__Aim of the exercise__: The entries below are to be returned exactly. Include all of them.

(Data items)
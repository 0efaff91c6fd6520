//! The structure pass over an access unit.
ghost use Rattle.std.specs.Prelude.{◌≡◌, ◌≤◌, ◌<◌, ◌^◌, ℕ, List, take, drop, length, MatchResult};
ghost use Rattle.apv_base.specs.declared.rules.HeadEnd.TheVariants.{Rule as breaks};
ghost use Rattle.apv_base.specs.declared.rules.UnitEnd.TheVariants.{Broken};
ghost use Rattle.apv_base.specs.model.Pbu.{Pbu, signature};
ghost use Rattle.apv_base.specs.model.Body.{outline, with_bodies};
ghost use Rattle.apv_base.specs.model.Unit.{Structure, StructureBreaks, unit_end};
ghost use Rattle.apv_unit.specs.Reach.{reach_of};
ghost use Rattle.apv_base.specs.model.Run.{MAX_UNIT};

use crate::body::body_break;
use crate::broken_body::BodyBreak;
use crate::pbu::next_pbu;
use apv_base::{Break, HeadEnd, Place, Rule, UnitEnd};

/// What a break of a PBU makes of its access unit, both by their numbers.
fn end_at(unit: u32, pbu: u32, broken: BodyBreak) -> UnitEnd
    ensures { result ≡ unit_end unit pbu broken.tile broken.end }
{
    match broken.end {
        HeadEnd::Rule(rule) => UnitEnd::Broken(Break {
            rule,
            place: Place {
                unit,
                pbu,
                tile: broken.tile,
                comp: 0,
            },
        }),
        HeadEnd::Wide(count) => UnitEnd::Limit(count),
    }
}

/// The same for a rule that is broken before the body.
fn end_before(unit: u32, pbu: u32, rule: Rule) -> UnitEnd
    ensures { result ≡ unit_end unit pbu 0 (breaks rule) }
{
    let end = HeadEnd::Rule(rule);
    end_at(unit, pbu, BodyBreak { tile: 0, end })
}

/// Judges the PBUs after the signature, with their bodies or without.
fn judge_pbus(unit: &[u8], number: u32, bodies: bool) -> Result<(), UnitEnd>
    requires long { 4 ≤ length unit.now }
    requires small { length unit.now ≤ MAX_UNIT }
    requires signed { take 4 unit.now ≡ signature }
    ensures { MatchResult result
        (λ _. (pbus : List Pbu) × Structure (reach_of bodies) unit.now pbus)
        (λ end. StructureBreaks (reach_of bodies) number unit.now end) }
{
    let mut count = 0;
    let mut place = 4;
    loop {
        let pbu = match next_pbu(unit, place) {
            Ok(pbu) => pbu,
            Err(rule) => return Err(end_before(number, count, rule)),
        };
        if let Some(broken) = body_break(pbu.kind, pbu.body, bodies) {
            return Err(end_at(number, count, broken));
        }
        if pbu.next == unit.len() {
            return Ok(());
        }
        place = pbu.next;
        count += 1;
    }
}

/// Judges an access unit, which is the one of that number in its file, with the bodies of its PBUs or without.
fn judge_unit(unit: &[u8], number: u32, bodies: bool) -> Result<(), UnitEnd>
    requires { length unit.now ≤ MAX_UNIT }
    ensures { MatchResult result
        (λ _. (pbus : List Pbu) × Structure (reach_of bodies) unit.now pbus)
        (λ end. StructureBreaks (reach_of bodies) number unit.now end) }
{
    if !unit.starts_with(b"aPv1") {
        return Err(end_before(number, 0, Rule::V3));
    }
    judge_pbus(unit, number, bodies)
}

/// Judges the outline of an access unit, which is the one of that number in its file: the first of V3 to V7 that is
/// broken, over all PBUs, whose bodies aren't looked into. The unit has at most 536,870,912 bytes.
pub fn check_unit(unit: &[u8], number: u32) -> Result<(), Break>
    requires { length unit.now ≤ MAX_UNIT }
    ensures { MatchResult result (λ _. (pbus : List Pbu) × Structure outline unit.now pbus)
        (λ break. StructureBreaks outline number unit.now (Broken break)) }
{
    // Only bodies have limits.
    if let Err(UnitEnd::Broken(broken)) = judge_unit(unit, number, false) {
        return Err(broken);
    }
    Ok(())
}

/// Judges the structure of an access unit, which is the one of that number in its file: the first rule that is broken
/// over all PBUs in order, each with V4 to V7 and then its body, field by field, or `Limit` where a frame has more
/// than 262,144 macroblocks (the limit L2) and no rule is broken before. Bodies of reserved types are skipped, and
/// the data of tiles aren't read. The unit has at most 536,870,912 bytes.
pub fn structure(unit: &[u8], number: u32) -> Result<(), UnitEnd>
    requires { length unit.now ≤ MAX_UNIT }
    ensures { MatchResult result (λ _. (pbus : List Pbu) × Structure with_bodies unit.now pbus)
        (λ end. StructureBreaks with_bodies number unit.now end) }
{
    judge_unit(unit, number, true)
}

__Finished task__:
repository 0efaff91c6fd6520
//! The structure pass over an access unit.
ghost use Rattle.std.specs.Prelude.{◌≡◌, ◌≤◌, ◌<◌, ◌^◌, ℕ, List, take, drop, length, MatchResult};
ghost use Rattle.apv_base.specs.declared.rules.HeadEnd.TheVariants.{Rule as breaks};
ghost use Rattle.apv_base.specs.declared.rules.UnitEnd.TheVariants.{Broken};
ghost use Rattle.apv_base.specs.model.Pbu.{Pbu, signature};
ghost use Rattle.apv_base.specs.model.Body.{outline, with_bodies};
ghost use Rattle.apv_base.specs.model.Unit.{Structure, StructureBreaks, unit_end};
ghost use Rattle.apv_unit.specs.Reach.{reach_of};
ghost use Rattle.apv_base.specs.model.Run.{MAX_UNIT};

use crate::body::body_break;
use crate::broken_body::BodyBreak;
use crate::pbu::next_pbu;
use apv_base::{Break, HeadEnd, Place, Rule, UnitEnd};

/// What a break of a PBU makes of its access unit, both by their numbers.
fn end_at(unit: u32, pbu: u32, broken: BodyBreak) -> UnitEnd
    ensures { result ≡ unit_end unit pbu broken.tile broken.end }
{
    match broken.end {
        HeadEnd::Rule(rule) => UnitEnd::Broken(Break {
            rule,
            place: Place {
                unit,
                pbu,
                tile: broken.tile,
                comp: 0,
            },
        }),
        HeadEnd::Wide(count) => UnitEnd::Limit(count),
    }
}

/// The same for a rule that is broken before the body.
fn end_before(unit: u32, pbu: u32, rule: Rule) -> UnitEnd
    ensures { result ≡ unit_end unit pbu 0 (breaks rule) }
{
    let end = HeadEnd::Rule(rule);
    end_at(unit, pbu, BodyBreak { tile: 0, end })
}

/// Judges the PBUs after the signature, with their bodies or without.
fn judge_pbus(unit: &[u8], number: u32, bodies: bool) -> Result<(), UnitEnd>
    requires long { 4 ≤ length unit.now }
    requires small { length unit.now ≤ MAX_UNIT }
    requires signed { take 4 unit.now ≡ signature }
    ensures { MatchResult result
        (λ _. (pbus : List Pbu) × Structure (reach_of bodies) unit.now pbus)
        (λ end. StructureBreaks (reach_of bodies) number unit.now end) }
{
    let mut count = 0;
    let mut place = 4;
    loop {
        let pbu = match next_pbu(unit, place) {
            Ok(pbu) => pbu,
            Err(rule) => return Err(end_before(number, count, rule)),
        };
        if let Some(broken) = body_break(pbu.kind, pbu.body, bodies) {
            return Err(end_at(number, count, broken));
        }
        if pbu.next == unit.len() {
            return Ok(());
        }
        place = pbu.next;
        count += 1;
    }
}

/// Judges an access unit, which is the one of that number in its file, with the bodies of its PBUs or without.
fn judge_unit(unit: &[u8], number: u32, bodies: bool) -> Result<(), UnitEnd>
    requires { length unit.now ≤ MAX_UNIT }
    ensures { MatchResult result
        (λ _. (pbus : List Pbu) × Structure (reach_of bodies) unit.now pbus)
        (λ end. StructureBreaks (reach_of bodies) number unit.now end) }
{
    if !unit.starts_with(b"aPv1") {
        return Err(end_before(number, 0, Rule::V3));
    }
    judge_pbus(unit, number, bodies)
}

/// Judges the outline of an access unit, which is the one of that number in its file: the first of V3 to V7 that is
/// broken, over all PBUs, whose bodies aren't looked into. The unit has at most 536,870,912 bytes.
pub fn check_unit(unit: &[u8], number: u32) -> Result<(), Break>
    requires { length unit.now ≤ MAX_UNIT }
    ensures { MatchResult result (λ _. (pbus : List Pbu) × Structure outline unit.now pbus)
        (λ break. StructureBreaks outline number unit.now (Broken break)) }
{
    // Only bodies have limits.
    if let Err(UnitEnd::Broken(broken)) = judge_unit(unit, number, false) {
        return Err(broken);
    }
    Ok(())
}

/// Judges the structure of an access unit, which is the one of that number in its file: the first rule that is broken
/// over all PBUs in order, each with V4 to V7 and then its body, field by field, or `Limit` where a frame has more
/// than 262,144 macroblocks (the limit L2) and no rule is broken before. Bodies of reserved types are skipped, and
/// the data of tiles aren't read. The unit has at most 536,870,912 bytes.
pub fn structure(unit: &[u8], number: u32) -> Result<(), UnitEnd>
    requires { length unit.now ≤ MAX_UNIT }
    ensures { MatchResult result (λ _. (pbus : List Pbu) × Structure with_bodies unit.now pbus)
        (λ end. StructureBreaks with_bodies number unit.now end) }
{
    judge_unit(unit, number, true)
}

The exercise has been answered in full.